MATERIAL SHOWN>
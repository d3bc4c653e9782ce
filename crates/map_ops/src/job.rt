//! The inverses of changes: take out, write back, put back. They have a type of their own, apart
//! from `Op`, because the inverse of a put depends on whether the key had a value. A job that puts
//! a key back owns the node for it, so that running the job never takes memory.
ghost use Rattle.std.specs.Prelude.{◌≡◌};

use node_list::Unfilled;
use split_key::Key;

/// The inverse of one change: it takes the change back, whatever has changed at other keys since
/// then (an inverse method call in the sense of Herlihy and Koskinen 2008). A `Relink` owns a spare
/// of the table, so that running it needs no memory.
#[derive(Debug, Drop)]
pub enum MapJob {
    /// Takes out the value that was put at the key.
    Unput(Key),
    /// Gives the key the value that it had.
    Restore(Key, u64),
    /// Puts the key back with the value that it had, with this spare.
    Relink(Key, u64, Unfilled),
}

impl MapJob {
    ghost use Rattle.map_ops.specs.Jobs.{key_of_job, spare_of_job};

    /// The key of the change.
    pub fn key(&self) -> Key
        ensures { result ≡ key_of_job self.now }
    {
        match self {
            MapJob::Unput(key) => *key,
            MapJob::Restore(key, _) => *key,
            MapJob::Relink(key, _, _) => *key,
        }
    }

    /// The spare of the job, if it owns one.
    pub(crate) fn into_spare(self) -> Option<Unfilled>
        ensures { result ≡ spare_of_job self }
    {
        match self {
            MapJob::Relink(_, _, spare) => Some(spare),
            MapJob::Unput(_) => None,
            MapJob::Restore(_, _) => None,
        }
    }
}
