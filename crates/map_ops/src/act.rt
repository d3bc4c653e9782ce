//! What `act` and `undo` return: either the call is done, or the cursor no longer fits and the
//! argument is returned. Both types are enums, so that a value that owns a spare cannot be lost
//! when the cursor does not fit. No value of these types can be copied. So until a spare is used,
//! it has exactly one owner: an operation or a job.
use crate::job::MapJob;
use crate::pending::Pending;
use txn_words::Reply;

/// What `Table::act` returns.
#[derive(Debug, Drop)]
pub enum Act {
    /// The operation is done. The fields are its reply and, if the operation is a change, the job
    /// that takes the change back.
    Acted(Reply, Option<MapJob>),
    /// The cursor no longer fits. Nothing has changed, and the operation is returned.
    Again(Pending),
}

/// What `Table::undo` returns.
#[derive(Debug, Drop)]
pub enum Undo {
    /// The change is taken back.
    Undone,
    /// The cursor no longer fits. Nothing has changed, and the job is returned.
    Again(MapJob),
}
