//! The map as it is now, kept in several sorted maps. A key is in the sorted map of its remainder.
//! This module gives a key's value, does an operation, and restores a key's value. Each sorted map
//! has few keys, so a look-up reads less memory than in one map of all keys. If all keys have the
//! same remainder, a look-up still takes only the logarithm of their number.
ghost use Rattle.std.specs.Prelude.{◌≡◌, Option, Some, None, IfOk, OnOk, OnErr, vec_len};
ghost use Rattle.txn_words.specs.Map.{Map, empty, get, after, set_at};

use std::alloc::{AllocError, Global};
use std::collections::BTreeMap;
use txn_trace::Op;

/// The number of sorted maps. It is a prime, so keys at equal distances from each other are also
/// spread over the maps.
const MAPS: u64 = 1021;

/// The values of the keys.
#[derive(Drop)]
pub(crate) struct Values {
    /// The map at index `r` has the values of the keys with remainder `r` on division by 1021.
    pub(crate) maps: Vec<BTreeMap<u64, u64>>,
    ghost all: { vec_len maps ≡ 1021 },
}

impl Values {
    ghost use Rattle.history_check.specs.Remainders.{Have};

    /// The values of a map without keys.
    pub(crate) fn new(alloc: Global) -> Result<Values, AllocError>
        ensures { IfOk result (Have empty) }
    {
        let mut maps = Vec::with_capacity(alloc, MAPS as usize)?;
        for _ in 0..MAPS {
            maps.push(BTreeMap::new(alloc))?;
        }
        Ok(Values { maps })
    }

    /// The value of a key. Costs the logarithm of the number of keys.
    #[inline(always)]
    pub(crate) fn get(&self, key: u64) -> Option<u64>
        ensures { (m : Map) → Have m self.now → result ≡ get m key }
    {
        self.maps[(key % MAPS) as usize].get(&key).copied()
    }

    /// Gives a key a value. Costs the logarithm of the number of keys.
    fn insert(&mut self, key: u64, value: u64) -> Result<(), AllocError>
        ensures ok { OnOk result ((m : Map) → Have m self.old →
            Have (set_at m key (Some value)) self.new) }
        ensures err { OnErr result ((m : Map) → Have m self.old → Have m self.new) }
    {
        self.maps[(key % MAPS) as usize].insert(key, value)?;
        Ok(())
    }

    /// Removes a key and its value. Costs the logarithm of the number of keys.
    fn remove(&mut self, key: u64)
        ensures { (m : Map) → Have m self.old → Have (set_at m key None) self.new }
    {
        self.maps[(key % MAPS) as usize].remove(&key);
    }

    /// Does an operation. Costs the logarithm of the number of keys.
    #[inline(always)]
    pub(crate) fn operate(&mut self, op: Op) -> Result<(), AllocError>
        ensures ok { OnOk result ((m : Map) → Have m self.old → Have (after m op) self.new) }
        ensures err { OnErr result ((m : Map) → Have m self.old → Have m self.new) }
    {
        match op {
            Op::Put(key, value) => self.insert(key, value)?,
            Op::Take(key) => self.remove(key),
            Op::Get(_) => {}
            Op::PutIf(key, expected, value) => {
                if self.get(key) == expected {
                    self.insert(key, value)?;
                }
            }
        }
        Ok(())
    }

    /// Takes back a change: gives the key the value `before`. If `before` is `None`, removes the
    /// key. Costs the logarithm of the number of keys.
    #[inline(always)]
    pub(crate) fn restore(&mut self, key: u64, before: Option<u64>) -> Result<(), AllocError>
        ensures ok { OnOk result ((m : Map) → Have m self.old →
            Have (set_at m key before) self.new) }
        ensures err { OnErr result ((m : Map) → Have m self.old → Have m self.new) }
    {
        match before {
            Some(value) => self.insert(key, value),
            None => {
                self.remove(key);
                Ok(())
            }
        }
    }
}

WHAT YOU WILL DO>
Your answer must be a single number: the count of lines above that hold the word "from".

SOLUTION FOR THIS EXERCISE>
2